─── INFORMATION ───

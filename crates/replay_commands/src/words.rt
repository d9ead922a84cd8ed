// The words of a body's tables, and the counts, that a script sets.
use super::Command;
use body_tables::{BODY_WORDS, ENTRIES, LOCALS, SCOPES, STATEMENTS};
use mir::Counts;

// The word i of a table, where there is one.
pub fn poke(table: &mut [u16], i: u16, word: u16) {
    let at = i as usize;
    if at < table.len() {
        table[at] = word;
    }
}

// The count i.
pub fn poke_count(counts: Counts, i: u16, count: u16) -> Counts {
    let mut next = counts;
    match i {
        0 => next.blocks = count,
        1 => next.statements = count,
        2 => next.locals = count,
        3 => next.scopes = count,
        4 => next.entries = count,
        _ => {}
    }
    next
}

// The word `at` of a body, where it stands before `end`.
fn poke_before(body: &mut [u16; BODY_WORDS], at: usize, end: usize, word: u16) {
    if at < end && at < BODY_WORDS {
        body[at] = word;
    }
}

// The word b of the table a.
pub fn set_word(body: &mut [u16; BODY_WORDS], command: Command) {
    let table = command.a;
    let i = command.b as usize;
    let word = command.c;
    match table {
        0 => poke_before(body, i, STATEMENTS, word),
        1 => poke_before(body, STATEMENTS + i, LOCALS, word),
        2 => poke_before(body, LOCALS + i, SCOPES, word),
        3 => poke_before(body, SCOPES + i, ENTRIES, word),
        4 => poke_before(body, ENTRIES + i, BODY_WORDS, word),
        _ => {}
    }
}
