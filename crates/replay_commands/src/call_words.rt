// What a script hands to the calls on patterns besides the body: the bindings' locals and 35 words. Word 0 is the place's local, 1 its count of elements, 2 to 33 are its 16
// elements of two words as docs/BODY.md has them in a row, and 34 is how many of the bindings' words are handed in.
use place::{LocalId, Place};

// An element by its two words, the low half first.
fn element(low: u16, high: u16) -> u32 {
    (low as u32) + 65536 * (high as u32)
}

// The place. A count above 16 is handed in as it stands.
pub fn place_of(handed: &[u16; 35]) -> Place {
    Place {
        local: LocalId(handed[0]),
        len: handed[1],
        elems: [
            element(handed[2], handed[3]),
            element(handed[4], handed[5]),
            element(handed[6], handed[7]),
            element(handed[8], handed[9]),
            element(handed[10], handed[11]),
            element(handed[12], handed[13]),
            element(handed[14], handed[15]),
            element(handed[16], handed[17]),
            element(handed[18], handed[19]),
            element(handed[20], handed[21]),
            element(handed[22], handed[23]),
            element(handed[24], handed[25]),
            element(handed[26], handed[27]),
            element(handed[28], handed[29]),
            element(handed[30], handed[31]),
            element(handed[32], handed[33]),
        ],
    }
}

// How many of the bindings' words are handed in.
pub fn binding_words(handed: &[u16; 35]) -> u16 {
    handed[34]
}
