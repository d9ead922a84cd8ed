// The commands of a stored script: how one is read, and the words that it sets or hands in.
#![tactic(auto)]

pub mod call_words; // call_words.rt: what is handed in besides the body
pub mod words; // words.rt: the words of the tables that are set

use image::word_at;
use mir::BasicBlockId;
use std::io::Read;

// 0 temp (word a, block b), 1 merge_blocks (a, b), 2 push_drop_scope, 3 pop_assume_dropped, 4 pop_and_drop (block a), 5 drop_until_scope (index a, block b),
// 6 a word is set: word b of the table a to c, or of table 5 the count b.
#[derive(Clone, Copy)]
pub struct Command {
    pub op: u16,
    pub a: u16,
    pub b: u16,
    pub c: u16,
}

// The next command. Where there is none it sets nothing: there is no table 65535.
pub fn next_command(input: &mut impl Read) -> Command {
    let mut words = [0u8; 8];
    if input.read_exact(&mut words).is_err() {
        return Command {
            op: 6,
            a: 65535,
            b: 0,
            c: 0,
        };
    }
    Command {
        op: word_at(&words, 0),
        a: word_at(&words, 2),
        b: word_at(&words, 4),
        c: word_at(&words, 6),
    }
}

// A block's number; 65535 is none.
pub fn opt_block(word: u16) -> Option<BasicBlockId> {
    if word == 65535 {
        return None;
    }
    Some(BasicBlockId(word))
}
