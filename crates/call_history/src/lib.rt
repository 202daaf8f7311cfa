//! Which accepted calls are in force, and which can be redone.
//!
//! Begin with [`CallLists::new`], and [`CallLists::note`] each accepted call with what stands for it, such as an
//! [`AcceptedCall`]. Contracts see two lists. [`lists_are_the_desks`] says that they are those of the desk, entry by
//! entry. A [`StampedCall`] has the moment, too, and the name of its operator's connection.
//!
//! ```rust
//! let mut lists = CallLists::new(alloc);
//! lists.reserve()?;
//! lists.note(&call, AcceptedCall::new(1, 0, &call)); // call 1, a command of operator 0: it is in force
//! lists.reserve()?;
//! lists.note(&undo, AcceptedCall::new(2, 1, &undo)); // operator 1 undoes it: it can be redone
//! ```
#![tactic(auto)]

mod accepted_call;
mod laws;
mod lists;
mod stamp;

pub use self::accepted_call::AcceptedCall;
pub use self::laws::lists_are_the_desks;
pub use self::lists::CallLists;
pub use self::stamp::{CallStamp, StampedCall};
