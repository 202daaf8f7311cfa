//! When calls were accepted, and under which names.

ghost use Rattle.std.specs.Prelude.{◌≡◌, [], IfOk};

use crate::accepted_call::AcceptedCall;
use std::alloc::{AllocError, Global};
use std::marker::Model;

/// When a call was accepted, and the name that its operator's connection had then.
///
/// Contracts see the moment, in milliseconds since 1970, and the octets of the name.
#[derive(Drop)]
pub struct CallStamp {
    moment: u64,
    name: Vec<u8>,
}

impl Model for CallStamp {
    ghost use Rattle.call_history.specs.Stamp.{StampOf};

    ghost Value = { StampOf };

    ghost view = { λ s. record { moment = s.moment; name = s.name.items } };
}

impl CallStamp {
    /// This moment, in milliseconds since 1970, and this name.
    pub fn new(alloc: Global, moment: u64, name: &[u8]) -> Result<Self, AllocError>
        ensures { IfOk result (λ stamp. stamp ≡ record { moment = moment; name = name.now }) }
    {
        Ok(Self {
            moment,
            name: Vec::from_slice(alloc, name)?,
        })
    }

    /// This moment, in milliseconds since 1970, and a name without octets. It takes no memory.
    pub fn unnamed(alloc: Global, moment: u64) -> Self
        ensures { result ≡ record { moment = moment; name = [] } }
    {
        Self {
            moment,
            name: Vec::new(alloc),
        }
    }

    /// The moment, in milliseconds since 1970.
    pub fn moment(&self) -> u64
        ensures { result ≡ self.now.moment }
    {
        self.moment
    }

    /// The name.
    pub fn name(&self) -> &[u8]
        ensures { result.now ≡ self.now.name }
    {
        &self.name
    }

    /// The same again.
    pub fn copy(&self, alloc: Global) -> Result<Self, AllocError>
        ensures { IfOk result (λ stamp. stamp ≡ self.now) }
    {
        CallStamp::new(alloc, self.moment, &self.name)
    }
}

/// An accepted call with its stamp. Contracts see both.
#[derive(Drop)]
pub struct StampedCall<'a> {
    made: AcceptedCall<'a>,
    stamp: &'a CallStamp,
}

impl<'a> Model for StampedCall<'a> {
    ghost use Rattle.call_history.specs.Stamp.{StampedOf};

    ghost Value = { StampedOf };

    ghost view = { λ s. record { made = s.made; stamp = s.stamp.now } };
}

impl<'a> StampedCall<'a> {
    /// This call with this stamp.
    pub fn new(made: AcceptedCall<'a>, stamp: &'a CallStamp) -> Self
        ensures { result ≡ record { made = made.entry; stamp = stamp.now } }
    {
        Self { made, stamp }
    }

    /// The call.
    pub fn made(&self) -> &AcceptedCall<'a>
        ensures { result.now ≡ self.now.made }
    {
        &self.made
    }

    /// When it was accepted, and under which name.
    pub fn stamp(&self) -> &'a CallStamp
        ensures { result.now ≡ self.now.stamp }
    {
        self.stamp
    }
}
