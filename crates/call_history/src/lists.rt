//! Accepted calls that are done, and those that can be redone.

ghost use Rattle.std.specs.Prelude.{◌≡◌, ◌+◌, ◌<◌, ◌≤◌, [], ◌∷◌, ◌++◌, take, reverse, IsOk, IfOk, OnOk};
ghost use Rattle.std.specs.Prelude.{if◌then◌else◌};
ghost use Rattle.desk_edit.specs.Asked.{asked_by};
ghost use Rattle.desk_edit.specs.InForce.{is_struck, struck_by};
ghost use Rattle.call_history.specs.Lists.{no_lists, with_call, deed_in, standing, in_force, last_few};

use crate::accepted_call::AcceptedCall;
use desk_edit::Call;
use std::alloc::{AllocError, Allocator, Global};
use std::marker::Model;

/// The calls that are done, and those that were undone and can be redone.
///
/// Contracts see both lists, and for how many calls there is memory at least.
#[derive(Drop)]
pub struct CallLists<'a, A: Allocator = Global> {
    done: Vec<AcceptedCall<'a>, A>,
    undone: Vec<AcceptedCall<'a>, A>,
}

impl<'a, A: Allocator> Model for CallLists<'a, A> {
    ghost use Rattle.std.specs.Prelude.{◌+◌, ◌-◌, ◌≤◌, min, vec_len, vec_capacity};
    ghost use Rattle.call_history.specs.Lists.{CallListsOf};

    ghost Value = { CallListsOf };

    ghost view = { λ l. record {
      lists = record { done = l.done.items; undone = l.undone.items };
      spare = min (vec_capacity l.done) (vec_capacity l.undone) - (vec_len l.done + vec_len l.undone);
    } };

    ghost invariant = { λ l.
        (vec_len l.done + vec_len l.undone ≤ vec_capacity l.done)
        × (vec_len l.done + vec_len l.undone ≤ vec_capacity l.undone) };
}

impl<'a, A: Allocator + Copy> CallLists<'a, A> {
    /// The lists before any call. They take no memory.
    pub fn new(alloc: A) -> Self
        ensures { result.lists ≡ no_lists }
    {
        Self {
            done: Vec::new(alloc),
            undone: Vec::new(alloc),
        }
    }

    /// Reserves memory for one more call. The only error is out of memory.
    pub fn reserve(&mut self) -> Result<(), AllocError>
        ensures ok { OnOk result (0 < self.new.spare) }
        ensures reserved { 0 < self.old.spare → IsOk result }
        ensures capacity { self.old.spare ≤ self.new.spare }
        ensures same { self.new.lists ≡ self.old.lists }
    {
        let undone = self.undone.len();
        self.done.reserve(undone + 1)?;
        let done = self.done.len();
        self.undone.reserve(done + 1)
    }

    /// Notes an accepted call, for which this stands. It takes no memory.
    pub fn note<C: Allocator + Copy>(&mut self, call: &Call<C>, made: AcceptedCall<'a>)
        requires spare { 0 < self.old.spare }
        ensures lists { self.new.lists ≡ with_call self.old.lists (asked_by call.now) made.entry }
        ensures spare { self.old.spare ≤ self.new.spare + 1 }
    {
        match call {
            Call::Apply(_) | Call::Group(_) | Call::Revert { .. } => {
                self.done.push_reserved(made);
                self.undone.clear();
            }
            Call::Undo { .. } => {
                if let Some(last) = self.done.pop() {
                    self.undone.push_reserved(last);
                }
            }
            Call::Redo { .. } => {
                if let Some(last) = self.undone.pop() {
                    self.done.push_reserved(last);
                }
            }
        }
    }

    /// The last calls that are in force, at most this many, oldest first. The only error is out of memory.
    pub fn in_force<B: Allocator + Copy>(
        &self,
        alloc: B,
        most: usize,
    ) -> Result<Vec<AcceptedCall<'a>, B>, AllocError>
        ensures { IfOk result (λ calls. calls.items ≡ last_few most (in_force self.now.lists.done)) }
    {
        let mut calls = newest_in_force(alloc, &self.done, most)?;
        calls.reverse();
        Ok(calls)
    }

    /// The calls that can be redone next, at most this many. The last one was undone last.
    pub fn undone(&self, most: usize) -> &[AcceptedCall<'a>]
        ensures { result.now ≡ last_few most self.now.lists.undone }
    {
        last_few(&self.undone, most)
    }
}

/// The newest of the calls that are in force, at most this many, the newest first.
// It goes past a call only where it lists the revert that took that call back, so at most twice as many.
fn newest_in_force<'a, B: Allocator + Copy>(
    alloc: B,
    done: &[AcceptedCall<'a>],
    most: usize,
) -> Result<Vec<AcceptedCall<'a>, B>, AllocError>
    ensures { IfOk result (λ calls. calls.items ≡ take most (standing [] (reverse done.now))) }
{
    let mut calls = Vec::new(alloc);
    let mut struck = Vec::new(alloc);
    let mut left = done.len();
    while left > 0 {
        if calls.len() >= most {
            return Ok(calls);
        }
        left -= 1;
        list_one(&mut calls, &mut struck, &done[left])?;
    }
    Ok(calls)
}

/// Lists a call behind newer ones, unless one of these that is in force took it back.
fn list_one<'a, B: Allocator + Copy>(
    calls: &mut Vec<AcceptedCall<'a>, B>,
    struck: &mut Vec<u64, B>,
    made: &AcceptedCall<'a>,
) -> Result<(), AllocError>
    ensures calls { OnOk result (calls.new.items
        ≡ if is_struck struck.old.items made.now.number then calls.old.items
        else calls.old.items ++ made.now ∷ []) }
    ensures struck { OnOk result (struck.new.items
        ≡ if is_struck struck.old.items made.now.number then struck.old.items
        else struck_by (deed_in made.now.call) struck.old.items) }
{
    if is_struck(struck, made.no()) {
        return Ok(());
    }
    calls.push(made.again())?;
    strike(struck, made.call())
}

fn is_struck(struck: &[u64], number: u64) -> bool
    ensures { result ≡ is_struck struck.now number }
{
    struck.iter().any(|taken| number == *taken)
}

/// Notes what a call that is in force takes back.
fn strike<B: Allocator + Copy>(struck: &mut Vec<u64, B>, call: &Call) -> Result<(), AllocError>
    ensures { OnOk result (struck.new.items ≡ struck_by (deed_in (asked_by call.now)) struck.old.items) }
{
    match call {
        Call::Revert { number } => {
            struck.insert(0, *number)?;
            Ok(())
        }
        Call::Apply(_) | Call::Group(_) | Call::Undo { .. } | Call::Redo { .. } => Ok(()),
    }
}

/// The last of these, at most so many.
fn last_few<T>(all: &[T], most: usize) -> &[T]
    ensures { result.now ≡ last_few most all.now }
{
    &all[all.len().saturating_sub(most)..]
}
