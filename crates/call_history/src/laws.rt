//! Laws of the lists. Each is a function that does nothing, and whose contract is the law.

ghost use Rattle.std.specs.Prelude.{◌≡◌, List, [], length, map, reverse};
ghost use Rattle.desk_rows.specs.Desk.{Desk};
ghost use Rattle.desk_edit.specs.InForce.{in_force as entries_in_force};
ghost use Rattle.desk_edit.specs.Calls.{no_calls};
ghost use Rattle.desk_calls.specs.Accepted.{after_calls};
ghost use Rattle.desk_calls.specs.Desk.{DeskOf};
ghost use Rattle.desk_calls.specs.Following.{HasCalled, Follows};
ghost use Rattle.call_history.specs.AcceptedCall.{AcceptedOf, AreNumbered, calls_of};
ghost use Rattle.call_history.specs.Lists.{lists_of, entry_of, in_force};

/// The lists are those of the desk. The calls stand for the entries that are done and undone in the history of all
/// calls, and those that are in force for the entries in force. A desk that carried these calls out keeps edits for
/// each entry: those of the entries that are done lead to its rows one after another, and those that can be redone lead
/// on from there, the one undone last first.
pub fn lists_are_the_desks()
    ensures done { (start : Desk) (made : List AcceptedOf) → AreNumbered 1 made
        → map entry_of (lists_of made).done ≡ (after_calls (no_calls start) (calls_of made)).done }
    ensures undone { (start : Desk) (made : List AcceptedOf) → AreNumbered 1 made
        → map entry_of (lists_of made).undone ≡ (after_calls (no_calls start) (calls_of made)).undone }
    ensures force { (start : Desk) (made : List AcceptedOf) → AreNumbered 1 made
        → map entry_of (in_force (lists_of made).done)
        ≡ entries_in_force (after_calls (no_calls start) (calls_of made)).done }
    ensures edits { (start : Desk) (made : List AcceptedOf) (d : DeskOf) → AreNumbered 1 made
        → HasCalled d (after_calls (no_calls start) (calls_of made))
        → Follows start [] (map entry_of (lists_of made).done) d.done
        × Follows start (map entry_of (lists_of made).done) (reverse (map entry_of (lists_of made).undone))
        (reverse d.undone) }
    ensures many { (start : Desk) (made : List AcceptedOf) (d : DeskOf) → AreNumbered 1 made
        → HasCalled d (after_calls (no_calls start) (calls_of made))
        → (length (lists_of made).done ≡ length d.done) × (length (lists_of made).undone ≡ length d.undone) }
{}
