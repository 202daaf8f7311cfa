//! Accepted calls.

ghost use Rattle.std.specs.Prelude.{◌≡◌};
ghost use Rattle.desk_edit.specs.Asked.{asked_by};

use desk_edit::Call;
use std::marker::Model;

/// An accepted call. Contracts see its number, the operator who made it, and what it asks.
#[derive(Drop)]
pub struct AcceptedCall<'a> {
    no: u64,
    op: u32,
    call: &'a Call,
}

impl<'a> Model for AcceptedCall<'a> {
    ghost use Rattle.desk_edit.specs.Asked.{asked_by};
    ghost use Rattle.call_history.specs.AcceptedCall.{AcceptedOf};

    ghost Value = { AcceptedOf };

    ghost view = { λ m. record { number = m.no; op = m.op; call = asked_by m.call.now } };
}

impl<'a> AcceptedCall<'a> {
    /// This call of this operator, by its number.
    pub fn new(no: u64, op: u32, call: &'a Call) -> Self
        ensures { result ≡ record { number = no; op = op; call = asked_by call.now } }
    {
        Self { no, op, call }
    }

    /// Its number: the first accepted call is number 1.
    pub fn no(&self) -> u64
        ensures { result ≡ self.now.number }
    {
        self.no
    }

    /// The operator who made it.
    pub fn op(&self) -> u32
        ensures { result ≡ self.now.op }
    {
        self.op
    }

    /// The call.
    pub fn call(&self) -> &'a Call
        ensures { asked_by result.now ≡ self.now.call }
    {
        self.call
    }

    /// The same again.
    pub fn again(&self) -> Self
        ensures { result ≡ self.now }
    {
        Self {
            no: self.no,
            op: self.op,
            call: self.call,
        }
    }
}
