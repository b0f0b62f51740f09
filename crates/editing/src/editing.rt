//! Runs scripts on all the sessions of a library, to its end.

ghost use Rattle.std.specs.Prelude.{◌≡◌, ◌≢◌, [], All, IfOk, IfErr, length};
ghost use Rattle.library.specs.Fitting.{CommandFits};
ghost use Rattle.lawful.specs.Lawful.{setting_given};
ghost use Rattle.transaction.specs.Openings.{IsNewSession};
ghost use Rattle.transaction.specs.Closings.{lists_of};
ghost use Rattle.editing.specs.Edits.{IsEdited, IsEditLack};

use crate::error::EditError;
use finishing::finish;
use library::{History, PlainLibrary, Script};
use std::alloc::Global;
use std::sync::Wait;
use std::thread::Threads;
use transaction::{Library, Outcome, Session};
use workers::{Gate, Worked, run_scripts};

/// What scripts leave that were run to their end.
#[derive(Drop)]
pub struct Edited {
    /// For each script, in order, the outcome of each of its transactions, in order. None is a conflict.
    pub outcomes: Vec<Vec<Outcome>>,
    /// What became of each number, from 1: the transaction that committed with it, with its replies, or nothing.
    pub history: History,
    /// The library after the whole history.
    pub library: PlainLibrary,
}

/// Runs scripts on a library that was just opened, with a worker for each of its sessions, which are all handed in, and ends it. The
/// commands of the scripts are within the limits of its prelude.
///
/// The workers claim the scripts one after another, and each submits the transactions of what it claimed in order, whatever becomes of
/// them. The gate is told of each script before and after. It may wait.
///
/// # Errors
///
/// `NoThread` where there are two sessions or more and a thread can't be had, and want of memory. The library is gone then. `Missing` is
/// never told of sessions that each have a name of their own, as `Library::open` gives them, and `Held` of none.
pub fn run_to_end<R: Threads + Wait + Sync, G: Gate + Sync>(
    rt: &R,
    alloc: Global,
    library: Library,
    sessions: Vec<Session>,
    scripts: &[Script],
    gate: &G,
) -> Result<Edited, EditError>
    requires some { sessions.items ≢ [] }
    requires all { length sessions.items ≡ library.sessions }
    requires new { All (IsNewSession library) sessions.items }
    requires fit { All (All (All (CommandFits (setting_given library.given).prelude))) scripts.now }
    ensures done { IfOk result (λ e. IsEdited library scripts.now (lists_of e.outcomes.items) e.history e.library) }
    ensures lack { IfErr result (IsEditLack sessions.items) }
{
    let Worked { outcomes, sessions } = run_scripts(rt, alloc, &library, sessions, scripts, gate)?;
    let (history, library) = finish(alloc, library, sessions)?;
    Ok(Edited {
        outcomes,
        history,
        library,
    })
}
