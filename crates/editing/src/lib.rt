//! Scripts run on all the sessions of a library, to its end: what becomes of each transaction, the whole history, and the library after it.
//!
//! A script is run to its end by four workers, and the library is written as a text:
//!
//! ```
//! fn edited<R: AllocGlobal + Threads + Wait + Sync>(
//!     rt: &R,
//!     keys: RandomState,
//!     database: &Database,
//!     text: &[u8],
//! ) -> anyhow::Result<Vec<u8>> {
//!     let shape = Shape { slots: 4096, room: 1_048_576, sessions: 4 };
//!     let (library, sessions) = Library::open(rt, rt.alloc(), keys, database, shape)?;
//!     let script = read_script(rt.alloc(), library.prelude(), text)?;
//!     let edited = run_to_end(rt, rt.alloc(), library, sessions, &[script], &Open)?;
//!     Ok(write_library(rt.alloc(), &edited.library)?)
//! }
//! ```
#![tactic(auto)]

mod editing;
mod error;

pub use editing::{Edited, run_to_end};
pub use error::EditError;
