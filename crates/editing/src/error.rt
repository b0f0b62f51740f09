//! Why scripts leave no history.

use finishing::FinishError;
use thiserror::Error;
use workers::WorkError;

/// Why scripts leave no history.
#[derive(Clone, Copy, Debug, PartialEq, Eq, Error)]
pub enum EditError {
    /// This number, from 1, was drawn by no session.
    #[error("missing {0}")]
    Missing(u64),
    /// The lock of this cell, from 0, is held.
    #[error("held {0}")]
    Held(usize),
    /// Memory ran out.
    #[error("out of memory")]
    NoMemory,
    /// A thread can't be had.
    #[error("no thread")]
    NoThread,
}

impl EditError {
    ghost use Rattle.std.specs.Prelude.{◌≡◌};
    ghost use Rattle.editing.specs.Names.{number_of, name_of};

    /// The number of the reason, from 1 to 4; that of a `FinishError` is the same.
    pub fn number(self) -> u32
        ensures { result ≡ number_of self }
    {
        match self {
            EditError::Missing(_) => 1,
            EditError::Held(_) => 2,
            EditError::NoMemory => 3,
            EditError::NoThread => 4,
        }
    }

    /// The name of the reason, without the number or the cell.
    pub fn name(self) -> &'static str
        ensures { result.now ≡ name_of self }
    {
        match self {
            EditError::Missing(_) => "Missing",
            EditError::Held(_) => "Held",
            EditError::NoMemory => "NoMemory",
            EditError::NoThread => "NoThread",
        }
    }
}

impl From<WorkError> for EditError {
    ghost use Rattle.std.specs.Prelude.{◌≡◌};
    ghost use Rattle.editing.specs.Edits.{from_work};

    ghost from_gives = { λ error e. e ≡ from_work error };

    fn from(error: WorkError) -> Self {
        match error {
            WorkError::NoThread => EditError::NoThread,
            WorkError::NoMemory => EditError::NoMemory,
        }
    }
}

impl From<FinishError> for EditError {
    ghost use Rattle.std.specs.Prelude.{◌≡◌};
    ghost use Rattle.editing.specs.Edits.{from_finish};

    ghost from_gives = { λ error e. e ≡ from_finish error };

    fn from(error: FinishError) -> Self {
        match error {
            FinishError::Missing(number) => EditError::Missing(number),
            FinishError::Held(cell) => EditError::Held(cell),
            FinishError::NoMemory => EditError::NoMemory,
        }
    }
}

───

Retype only the lines above between the line with "spare = min" and the line with "call. The only error is out of memory.", counting those two lines as well, and keep every character as it is.

      spare = min (vec_capacity l.done) (vec_capacity l.undone) - (vec_len l.done + vec_len l.undone);
    } };

    ghost invariant = { λ l.
        (vec_len l.done + vec_len l.undone ≤ vec_capacity l.done)
        × (vec_len l.done + vec_len l.undone ≤ vec_capacity l.undone) };
}

impl<'a, A: Allocator + Copy> CallLists<'a, A> {
    /// The lists before any call. They take no memory.
    pub fn new(alloc: A) -> Self
        ensures { result.lists ≡ no_lists }
    {
        Self {
            done: Vec::new(alloc),
            undone: Vec::new(alloc),
        }
    }

    /// Reserves memory for one more call. The only error is out of memory.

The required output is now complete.